-- Data extracts --
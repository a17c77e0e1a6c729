//! New ids, and what stands under the keys of a directory.

use crate::keepers::put_all;
use ep_dir_records::{DirBad, Drawn, IdKind, Records, SessionInfo, session_text};
use ep_keep::MapKeeper;
use ep_outside::KeepBad;
use ep_units::{NoMemory, Units};
use std::alloc::Global;
use std::test::Fail;

const DRAWN: Drawn = Drawn {
    digits: [10, 11, 12, 13, 14, 15, 16, 17, 18, 35],
};

/// The records of a map in which this stands under a key.
fn records(alloc: Global, key: &str, value: &str) -> Result<Records<MapKeeper>, KeepBad> {
    let mut keeper = MapKeeper::new(alloc, Vec::new(alloc));
    put_all(alloc, &mut keeper, &[(key, Some(value))])?;
    Ok(Records::new(alloc, keeper))
}

fn is_text(alloc: Global, units: &Units, wanted: &str) -> Result<bool, NoMemory> {
    let text = units.to_text_lossy(alloc)?;
    Ok(text.as_str() == wanted)
}

/// Whether this is the new id behind a count of ids.
fn is_new_id(alloc: Global, kind: IdKind, count: &str, wanted: &str) -> Result<bool, KeepBad> {
    let mut records = records(alloc, "n", count)?;
    match records.new_id(kind, &DRAWN) {
        Ok((id, _)) => Ok(is_text(alloc, &id, wanted)?),
        Err(_) => Ok(false),
    }
}

#[test]
fn ids(rt: HostRuntime) -> Result<(), Fail> {
    for (kind, count, text) in [
        (IdKind::Group, "0", "g.abcdefghiz000000"),
        (IdKind::Author, "37", "a.abcdefghiz000011"),
        (IdKind::Session, "2176782335", "s.abcdefghizzzzzzz"),
        (IdKind::ReadOnly, "1679616", "r.abcdefghiz010000"),
    ] {
        assert!(rt; is_new_id(rt.alloc(), kind, count, text)?, "at {text}");
    }
    Ok(())
}

/// What comes of a new id.
#[derive(Clone, Copy, Debug, PartialEq, Eq)]
enum Given {
    /// So many are given with it.
    Many(u64),
    Spent,
    /// The count is none.
    Kept,
    Failed,
}

fn new_given(alloc: Global, count: &str) -> Result<Given, KeepBad> {
    let mut records = records(alloc, "n", count)?;
    match records.new_id(IdKind::Group, &DRAWN) {
        Ok((_, many)) => Ok(Given::Many(many)),
        Err(DirBad::IdsSpent) => Ok(Given::Spent),
        Err(DirBad::Kept(_)) => Ok(Given::Kept),
        Err(_) => Ok(Given::Failed),
    }
}

#[test]
fn counts(rt: HostRuntime) -> Result<(), Fail> {
    for (count, wanted) in [
        ("0", Given::Many(1)),
        ("10", Given::Many(11)),
        ("2176782336", Given::Spent),
        ("2176782337", Given::Kept),
        ("", Given::Kept),
        ("01", Given::Kept),
        ("+1", Given::Kept),
        ("1 ", Given::Kept),
    ] {
        assert_eq!(rt; new_given(rt.alloc(), count)?, wanted, "at {count}");
    }
    Ok(())
}

/// What is read of a session.
#[derive(Clone, Copy, Debug, PartialEq, Eq)]
enum Found {
    /// A session with just this text.
    Same,
    Other,
    /// The text is no session's.
    Kept,
    Failed,
}

/// What a session is that was read where that text stands.
fn seen(alloc: Global, info: &SessionInfo, text: &str) -> Result<Found, NoMemory> {
    let again = session_text(alloc, &info.group, &info.author, info.valid_until)?;
    Ok(if again.as_str() == text {
        Found::Same
    } else {
        Found::Other
    })
}

fn read_at(alloc: Global, text: &str) -> Result<Found, KeepBad> {
    let mut records = records(alloc, "s/x", text)?;
    let id = Units::from_str(alloc, "x")?;
    match records.read_session(&id) {
        Ok(Some(info)) => Ok(seen(alloc, &info, text)?),
        Ok(None) => Ok(Found::Other),
        Err(DirBad::Kept(_)) => Ok(Found::Kept),
        Err(_) => Ok(Found::Failed),
    }
}

#[test]
fn sessions(rt: HostRuntime) -> Result<(), Fail> {
    for (text, wanted) in [
        (
            "g.0123456789abcdef a.0123456789ABCDEF 18446744073709551615",
            Found::Same,
        ),
        (
            "g.0123456789abcdef a.0123456789ABCDEF 18446744073709551616",
            Found::Kept,
        ),
        ("g.0123456789abcdef a.0123456789ABCDEF 07", Found::Kept),
        ("g.0123456789abcdef  a.0123456789ABCDEF 7", Found::Kept),
        ("g.0123456789abcdef a.0123456789ABCDEF 7 ", Found::Kept),
        ("a.0123456789abcdef a.0123456789ABCDEF 7", Found::Kept),
        ("g.0123456789abcde a.0123456789ABCDEF 7", Found::Kept),
        ("g.0123456789abcde- a.0123456789ABCDEF 7", Found::Kept),
        ("bad", Found::Kept),
    ] {
        assert_eq!(rt; read_at(rt.alloc(), text)?, wanted, "at {text}");
    }
    Ok(())
}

-- Exercise --
Restate exactly the records above from their first line through the line that holds "put_all(alloc, &mut keeper, &[(key, Some(value))])?;", please, including both and leaving out all others.

-- Solution for this problem --
repository a17c77e0e1a6c729
//! New ids, and what stands under the keys of a directory.

use crate::keepers::put_all;
use ep_dir_records::{DirBad, Drawn, IdKind, Records, SessionInfo, session_text};
use ep_keep::MapKeeper;
use ep_outside::KeepBad;
use ep_units::{NoMemory, Units};
use std::alloc::Global;
use std::test::Fail;

const DRAWN: Drawn = Drawn {
    digits: [10, 11, 12, 13, 14, 15, 16, 17, 18, 35],
};

/// The records of a map in which this stands under a key.
fn records(alloc: Global, key: &str, value: &str) -> Result<Records<MapKeeper>, KeepBad> {
    let mut keeper = MapKeeper::new(alloc, Vec::new(alloc));
    put_all(alloc, &mut keeper, &[(key, Some(value))])?;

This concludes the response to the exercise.